--- START ---

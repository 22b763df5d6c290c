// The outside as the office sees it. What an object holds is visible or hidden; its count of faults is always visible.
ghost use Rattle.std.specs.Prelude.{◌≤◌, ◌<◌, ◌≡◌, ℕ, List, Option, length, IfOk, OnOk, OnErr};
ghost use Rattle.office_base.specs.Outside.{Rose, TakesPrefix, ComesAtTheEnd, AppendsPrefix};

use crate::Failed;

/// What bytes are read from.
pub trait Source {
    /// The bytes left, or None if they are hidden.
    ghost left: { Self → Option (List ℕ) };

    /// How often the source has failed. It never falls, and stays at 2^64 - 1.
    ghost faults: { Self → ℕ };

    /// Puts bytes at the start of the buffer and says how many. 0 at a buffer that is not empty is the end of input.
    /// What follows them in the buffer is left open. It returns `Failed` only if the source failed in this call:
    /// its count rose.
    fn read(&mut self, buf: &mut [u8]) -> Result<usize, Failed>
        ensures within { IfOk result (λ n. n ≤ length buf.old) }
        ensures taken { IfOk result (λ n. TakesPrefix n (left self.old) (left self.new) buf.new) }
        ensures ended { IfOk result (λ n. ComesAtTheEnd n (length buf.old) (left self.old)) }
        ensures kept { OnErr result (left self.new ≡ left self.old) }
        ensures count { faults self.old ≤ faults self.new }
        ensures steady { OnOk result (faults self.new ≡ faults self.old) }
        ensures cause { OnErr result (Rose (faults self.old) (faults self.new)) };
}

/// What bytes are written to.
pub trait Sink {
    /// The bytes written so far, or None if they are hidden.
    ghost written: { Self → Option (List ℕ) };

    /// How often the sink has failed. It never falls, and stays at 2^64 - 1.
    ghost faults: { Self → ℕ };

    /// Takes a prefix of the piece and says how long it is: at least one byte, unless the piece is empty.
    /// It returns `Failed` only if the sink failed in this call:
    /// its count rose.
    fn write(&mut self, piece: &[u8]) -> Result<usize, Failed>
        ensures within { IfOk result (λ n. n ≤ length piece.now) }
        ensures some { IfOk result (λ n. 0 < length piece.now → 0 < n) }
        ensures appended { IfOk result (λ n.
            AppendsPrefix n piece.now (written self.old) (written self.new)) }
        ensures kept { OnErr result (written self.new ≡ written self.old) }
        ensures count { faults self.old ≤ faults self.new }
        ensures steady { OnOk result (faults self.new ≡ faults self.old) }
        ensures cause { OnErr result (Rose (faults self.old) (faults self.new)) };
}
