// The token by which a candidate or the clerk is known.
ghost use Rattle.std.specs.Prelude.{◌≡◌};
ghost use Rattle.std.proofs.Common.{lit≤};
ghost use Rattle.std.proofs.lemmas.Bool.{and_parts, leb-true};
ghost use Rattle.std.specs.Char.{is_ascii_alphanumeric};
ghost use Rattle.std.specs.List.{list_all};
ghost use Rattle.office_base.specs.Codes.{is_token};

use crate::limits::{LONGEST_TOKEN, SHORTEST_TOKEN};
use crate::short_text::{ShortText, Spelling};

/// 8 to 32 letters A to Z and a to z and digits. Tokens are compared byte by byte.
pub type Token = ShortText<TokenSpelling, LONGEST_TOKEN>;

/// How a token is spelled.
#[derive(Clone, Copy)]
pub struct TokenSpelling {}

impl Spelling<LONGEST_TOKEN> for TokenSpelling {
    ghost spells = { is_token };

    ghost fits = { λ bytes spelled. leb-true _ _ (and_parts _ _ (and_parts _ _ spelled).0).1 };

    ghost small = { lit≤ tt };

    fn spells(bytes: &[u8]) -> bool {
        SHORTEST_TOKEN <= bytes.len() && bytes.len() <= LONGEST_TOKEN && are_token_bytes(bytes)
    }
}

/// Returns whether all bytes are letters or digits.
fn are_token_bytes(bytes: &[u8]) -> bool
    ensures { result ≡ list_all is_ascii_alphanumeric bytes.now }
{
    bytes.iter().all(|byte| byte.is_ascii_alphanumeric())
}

--- END ---
--- START ---

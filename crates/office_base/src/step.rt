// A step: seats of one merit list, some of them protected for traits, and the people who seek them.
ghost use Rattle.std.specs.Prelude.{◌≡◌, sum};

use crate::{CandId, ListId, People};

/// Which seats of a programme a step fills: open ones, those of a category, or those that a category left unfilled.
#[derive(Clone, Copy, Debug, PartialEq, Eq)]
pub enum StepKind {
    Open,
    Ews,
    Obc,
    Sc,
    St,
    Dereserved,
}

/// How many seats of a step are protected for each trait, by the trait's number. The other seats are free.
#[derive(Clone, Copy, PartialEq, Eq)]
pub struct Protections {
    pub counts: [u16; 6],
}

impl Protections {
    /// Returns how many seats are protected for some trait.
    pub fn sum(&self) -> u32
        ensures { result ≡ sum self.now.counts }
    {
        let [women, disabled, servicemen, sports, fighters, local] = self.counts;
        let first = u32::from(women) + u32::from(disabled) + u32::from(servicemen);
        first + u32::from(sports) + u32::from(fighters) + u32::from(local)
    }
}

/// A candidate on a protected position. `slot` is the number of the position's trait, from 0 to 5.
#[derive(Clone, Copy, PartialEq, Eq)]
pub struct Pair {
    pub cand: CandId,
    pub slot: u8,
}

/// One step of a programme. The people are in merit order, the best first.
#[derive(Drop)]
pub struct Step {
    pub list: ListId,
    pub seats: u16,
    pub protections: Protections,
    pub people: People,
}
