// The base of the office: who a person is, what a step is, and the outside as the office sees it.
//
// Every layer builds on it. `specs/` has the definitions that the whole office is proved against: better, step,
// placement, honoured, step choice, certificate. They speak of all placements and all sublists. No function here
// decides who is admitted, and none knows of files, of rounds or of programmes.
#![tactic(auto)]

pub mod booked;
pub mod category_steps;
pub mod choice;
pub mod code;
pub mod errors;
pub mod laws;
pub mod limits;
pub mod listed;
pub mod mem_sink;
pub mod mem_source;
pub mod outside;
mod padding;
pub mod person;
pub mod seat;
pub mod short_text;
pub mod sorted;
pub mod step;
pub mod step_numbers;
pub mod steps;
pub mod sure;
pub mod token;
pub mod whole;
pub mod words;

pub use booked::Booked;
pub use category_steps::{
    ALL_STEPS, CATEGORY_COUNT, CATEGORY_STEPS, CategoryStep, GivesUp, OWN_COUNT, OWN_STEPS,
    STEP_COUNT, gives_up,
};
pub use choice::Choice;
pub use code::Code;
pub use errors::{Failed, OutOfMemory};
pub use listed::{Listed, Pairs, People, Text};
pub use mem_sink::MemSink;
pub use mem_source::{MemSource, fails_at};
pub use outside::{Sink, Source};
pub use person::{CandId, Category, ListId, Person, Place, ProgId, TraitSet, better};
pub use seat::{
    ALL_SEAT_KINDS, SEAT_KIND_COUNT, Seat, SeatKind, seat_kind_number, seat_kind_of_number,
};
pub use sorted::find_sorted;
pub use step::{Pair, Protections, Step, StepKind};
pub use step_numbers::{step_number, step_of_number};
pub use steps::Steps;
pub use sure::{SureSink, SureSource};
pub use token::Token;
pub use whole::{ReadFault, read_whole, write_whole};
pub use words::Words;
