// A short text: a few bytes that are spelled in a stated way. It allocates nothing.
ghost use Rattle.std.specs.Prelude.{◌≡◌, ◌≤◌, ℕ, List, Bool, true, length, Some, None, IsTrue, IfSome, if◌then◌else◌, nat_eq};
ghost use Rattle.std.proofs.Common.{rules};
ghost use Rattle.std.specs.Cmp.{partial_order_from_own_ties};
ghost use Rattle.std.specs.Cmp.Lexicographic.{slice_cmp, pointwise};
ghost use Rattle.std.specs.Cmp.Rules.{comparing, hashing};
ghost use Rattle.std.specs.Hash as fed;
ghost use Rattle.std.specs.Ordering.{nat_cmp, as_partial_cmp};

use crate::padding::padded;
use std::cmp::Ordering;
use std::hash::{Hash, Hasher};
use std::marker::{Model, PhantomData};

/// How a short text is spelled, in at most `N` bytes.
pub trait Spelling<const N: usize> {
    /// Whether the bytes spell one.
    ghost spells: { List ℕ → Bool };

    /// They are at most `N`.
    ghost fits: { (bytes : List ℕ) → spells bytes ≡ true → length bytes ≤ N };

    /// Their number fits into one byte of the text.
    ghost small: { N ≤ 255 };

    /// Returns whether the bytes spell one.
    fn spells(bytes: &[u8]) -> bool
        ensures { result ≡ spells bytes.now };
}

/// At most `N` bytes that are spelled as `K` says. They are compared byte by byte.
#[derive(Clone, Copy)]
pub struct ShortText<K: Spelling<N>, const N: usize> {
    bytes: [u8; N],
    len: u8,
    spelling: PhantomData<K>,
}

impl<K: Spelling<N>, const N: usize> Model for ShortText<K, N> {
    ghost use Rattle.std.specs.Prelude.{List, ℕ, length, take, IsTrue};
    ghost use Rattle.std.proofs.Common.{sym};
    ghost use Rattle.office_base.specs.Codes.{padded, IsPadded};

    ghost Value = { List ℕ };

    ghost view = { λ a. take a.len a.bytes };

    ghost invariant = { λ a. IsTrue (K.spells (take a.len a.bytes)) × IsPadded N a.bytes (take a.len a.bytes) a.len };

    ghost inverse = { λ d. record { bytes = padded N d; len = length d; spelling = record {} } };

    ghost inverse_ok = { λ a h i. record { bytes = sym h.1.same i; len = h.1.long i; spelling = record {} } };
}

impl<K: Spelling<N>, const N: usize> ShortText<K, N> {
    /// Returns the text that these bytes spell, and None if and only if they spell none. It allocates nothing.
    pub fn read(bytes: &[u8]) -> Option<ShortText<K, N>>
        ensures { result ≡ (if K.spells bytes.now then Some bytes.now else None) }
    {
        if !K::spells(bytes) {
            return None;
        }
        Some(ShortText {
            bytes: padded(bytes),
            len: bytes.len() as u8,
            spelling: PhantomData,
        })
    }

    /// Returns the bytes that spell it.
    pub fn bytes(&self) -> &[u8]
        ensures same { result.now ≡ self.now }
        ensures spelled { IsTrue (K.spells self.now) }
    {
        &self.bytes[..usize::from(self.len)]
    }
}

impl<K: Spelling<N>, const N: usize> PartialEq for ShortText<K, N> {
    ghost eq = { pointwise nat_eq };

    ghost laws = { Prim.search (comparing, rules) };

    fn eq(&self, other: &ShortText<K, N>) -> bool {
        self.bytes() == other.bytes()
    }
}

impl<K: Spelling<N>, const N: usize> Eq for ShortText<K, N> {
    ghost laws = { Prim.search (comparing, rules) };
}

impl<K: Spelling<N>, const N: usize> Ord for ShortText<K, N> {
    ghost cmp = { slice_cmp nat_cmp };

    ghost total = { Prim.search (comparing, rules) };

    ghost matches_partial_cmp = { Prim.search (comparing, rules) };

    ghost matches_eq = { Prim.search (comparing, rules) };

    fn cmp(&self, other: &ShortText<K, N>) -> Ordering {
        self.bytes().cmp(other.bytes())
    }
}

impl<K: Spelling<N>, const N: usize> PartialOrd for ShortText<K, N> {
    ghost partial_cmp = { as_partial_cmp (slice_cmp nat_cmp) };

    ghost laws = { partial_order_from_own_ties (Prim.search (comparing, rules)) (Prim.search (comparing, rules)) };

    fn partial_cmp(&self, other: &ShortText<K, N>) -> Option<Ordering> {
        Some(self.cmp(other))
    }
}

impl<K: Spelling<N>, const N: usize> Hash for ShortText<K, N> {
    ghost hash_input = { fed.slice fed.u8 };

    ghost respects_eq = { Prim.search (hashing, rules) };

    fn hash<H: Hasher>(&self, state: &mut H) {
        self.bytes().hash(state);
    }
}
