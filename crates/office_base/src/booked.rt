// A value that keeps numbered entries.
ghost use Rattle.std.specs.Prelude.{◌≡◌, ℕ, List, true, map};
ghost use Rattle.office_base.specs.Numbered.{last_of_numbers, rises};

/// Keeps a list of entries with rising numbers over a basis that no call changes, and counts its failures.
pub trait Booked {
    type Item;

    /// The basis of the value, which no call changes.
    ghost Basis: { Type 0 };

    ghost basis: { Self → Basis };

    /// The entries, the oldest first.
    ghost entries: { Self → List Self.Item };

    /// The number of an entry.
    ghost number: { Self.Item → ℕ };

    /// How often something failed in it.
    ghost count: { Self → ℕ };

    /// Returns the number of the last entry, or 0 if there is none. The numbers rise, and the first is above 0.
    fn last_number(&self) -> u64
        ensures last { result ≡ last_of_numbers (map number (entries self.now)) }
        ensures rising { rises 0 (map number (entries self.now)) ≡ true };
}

--- END ---
--- START ---

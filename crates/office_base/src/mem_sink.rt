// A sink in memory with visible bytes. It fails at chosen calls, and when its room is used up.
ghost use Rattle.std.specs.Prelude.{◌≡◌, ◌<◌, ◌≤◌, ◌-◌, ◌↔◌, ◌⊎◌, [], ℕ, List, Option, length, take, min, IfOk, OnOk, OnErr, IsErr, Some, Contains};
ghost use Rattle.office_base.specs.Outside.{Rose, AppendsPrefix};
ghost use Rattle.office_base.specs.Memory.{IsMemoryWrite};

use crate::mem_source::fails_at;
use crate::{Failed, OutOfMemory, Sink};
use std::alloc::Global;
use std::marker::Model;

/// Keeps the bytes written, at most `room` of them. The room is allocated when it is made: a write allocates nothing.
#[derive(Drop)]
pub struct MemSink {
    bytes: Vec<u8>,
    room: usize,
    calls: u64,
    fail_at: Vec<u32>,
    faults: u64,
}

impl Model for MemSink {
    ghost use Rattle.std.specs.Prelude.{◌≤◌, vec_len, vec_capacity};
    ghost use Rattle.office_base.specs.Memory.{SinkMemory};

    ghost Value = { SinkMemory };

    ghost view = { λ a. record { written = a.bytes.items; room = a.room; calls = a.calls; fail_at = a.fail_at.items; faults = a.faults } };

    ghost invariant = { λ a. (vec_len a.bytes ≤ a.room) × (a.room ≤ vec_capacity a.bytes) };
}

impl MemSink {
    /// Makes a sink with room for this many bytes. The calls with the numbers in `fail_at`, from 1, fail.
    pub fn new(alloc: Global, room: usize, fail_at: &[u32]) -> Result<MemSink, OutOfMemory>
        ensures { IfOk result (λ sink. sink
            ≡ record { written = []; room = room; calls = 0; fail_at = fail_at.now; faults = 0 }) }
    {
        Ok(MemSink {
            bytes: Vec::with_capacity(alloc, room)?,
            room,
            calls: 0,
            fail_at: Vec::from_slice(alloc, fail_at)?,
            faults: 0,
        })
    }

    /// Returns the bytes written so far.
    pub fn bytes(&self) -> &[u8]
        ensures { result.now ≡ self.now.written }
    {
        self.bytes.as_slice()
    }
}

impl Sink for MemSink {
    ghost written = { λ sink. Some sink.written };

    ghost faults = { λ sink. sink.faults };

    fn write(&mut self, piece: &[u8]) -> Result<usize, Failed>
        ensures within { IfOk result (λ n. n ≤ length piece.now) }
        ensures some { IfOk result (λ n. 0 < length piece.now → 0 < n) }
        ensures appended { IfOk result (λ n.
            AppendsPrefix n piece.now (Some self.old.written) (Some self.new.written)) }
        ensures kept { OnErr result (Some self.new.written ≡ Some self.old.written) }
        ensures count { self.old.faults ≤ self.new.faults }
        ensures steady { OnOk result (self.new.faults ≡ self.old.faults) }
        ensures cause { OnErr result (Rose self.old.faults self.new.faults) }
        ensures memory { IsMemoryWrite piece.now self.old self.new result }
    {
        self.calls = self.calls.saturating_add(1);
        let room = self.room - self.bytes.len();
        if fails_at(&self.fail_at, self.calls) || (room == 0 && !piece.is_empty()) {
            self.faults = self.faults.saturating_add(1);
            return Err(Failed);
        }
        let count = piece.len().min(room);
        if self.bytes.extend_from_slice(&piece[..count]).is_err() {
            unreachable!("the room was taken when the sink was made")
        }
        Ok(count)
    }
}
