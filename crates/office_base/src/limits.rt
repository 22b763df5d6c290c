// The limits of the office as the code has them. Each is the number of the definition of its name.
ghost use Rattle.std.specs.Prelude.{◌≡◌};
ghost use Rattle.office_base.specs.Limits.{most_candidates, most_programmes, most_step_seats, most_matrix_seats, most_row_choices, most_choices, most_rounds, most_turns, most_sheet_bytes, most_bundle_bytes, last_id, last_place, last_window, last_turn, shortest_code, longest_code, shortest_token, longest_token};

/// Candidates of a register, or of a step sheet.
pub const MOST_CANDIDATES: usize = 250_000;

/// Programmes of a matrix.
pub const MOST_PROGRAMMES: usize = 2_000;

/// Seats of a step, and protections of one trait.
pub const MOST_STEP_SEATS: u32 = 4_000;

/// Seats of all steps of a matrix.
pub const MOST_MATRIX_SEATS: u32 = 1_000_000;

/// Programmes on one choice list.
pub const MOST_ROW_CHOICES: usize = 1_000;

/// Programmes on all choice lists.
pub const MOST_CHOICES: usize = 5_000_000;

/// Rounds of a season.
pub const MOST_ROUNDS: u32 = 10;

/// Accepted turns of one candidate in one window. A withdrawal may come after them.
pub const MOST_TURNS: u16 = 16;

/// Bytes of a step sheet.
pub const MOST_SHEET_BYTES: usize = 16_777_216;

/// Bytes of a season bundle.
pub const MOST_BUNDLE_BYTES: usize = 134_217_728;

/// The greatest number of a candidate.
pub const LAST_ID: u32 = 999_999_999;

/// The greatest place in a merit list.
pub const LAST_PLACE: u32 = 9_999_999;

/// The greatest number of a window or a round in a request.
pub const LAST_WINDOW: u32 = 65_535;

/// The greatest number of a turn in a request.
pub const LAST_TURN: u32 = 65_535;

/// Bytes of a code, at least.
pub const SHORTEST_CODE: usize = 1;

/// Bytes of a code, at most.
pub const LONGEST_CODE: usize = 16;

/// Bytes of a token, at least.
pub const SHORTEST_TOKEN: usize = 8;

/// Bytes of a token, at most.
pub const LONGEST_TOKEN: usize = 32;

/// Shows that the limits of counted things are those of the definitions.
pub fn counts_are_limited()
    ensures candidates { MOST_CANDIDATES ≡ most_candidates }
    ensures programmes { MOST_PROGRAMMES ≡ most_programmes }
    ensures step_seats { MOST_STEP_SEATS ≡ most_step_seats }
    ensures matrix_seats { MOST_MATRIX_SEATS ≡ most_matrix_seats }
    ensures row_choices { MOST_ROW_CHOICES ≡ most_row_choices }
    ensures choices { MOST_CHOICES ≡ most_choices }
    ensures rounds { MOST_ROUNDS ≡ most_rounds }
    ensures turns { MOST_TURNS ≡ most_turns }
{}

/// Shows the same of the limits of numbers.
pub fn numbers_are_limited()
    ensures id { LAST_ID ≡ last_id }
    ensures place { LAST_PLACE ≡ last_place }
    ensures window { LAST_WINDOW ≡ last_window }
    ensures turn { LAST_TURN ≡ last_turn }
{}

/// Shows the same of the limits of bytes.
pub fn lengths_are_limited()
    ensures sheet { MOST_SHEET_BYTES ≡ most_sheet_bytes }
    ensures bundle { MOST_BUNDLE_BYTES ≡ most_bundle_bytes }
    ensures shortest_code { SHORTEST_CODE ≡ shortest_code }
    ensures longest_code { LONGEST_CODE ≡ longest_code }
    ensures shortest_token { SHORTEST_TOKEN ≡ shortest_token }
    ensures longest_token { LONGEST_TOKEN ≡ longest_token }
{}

--- END ---

◆ **WHAT TO DO**
Wherever the string "season" occurs in the records, copy the line it is in.

◆ **SOLUTION**
/// Rounds of a season.
/// Bytes of a season bundle.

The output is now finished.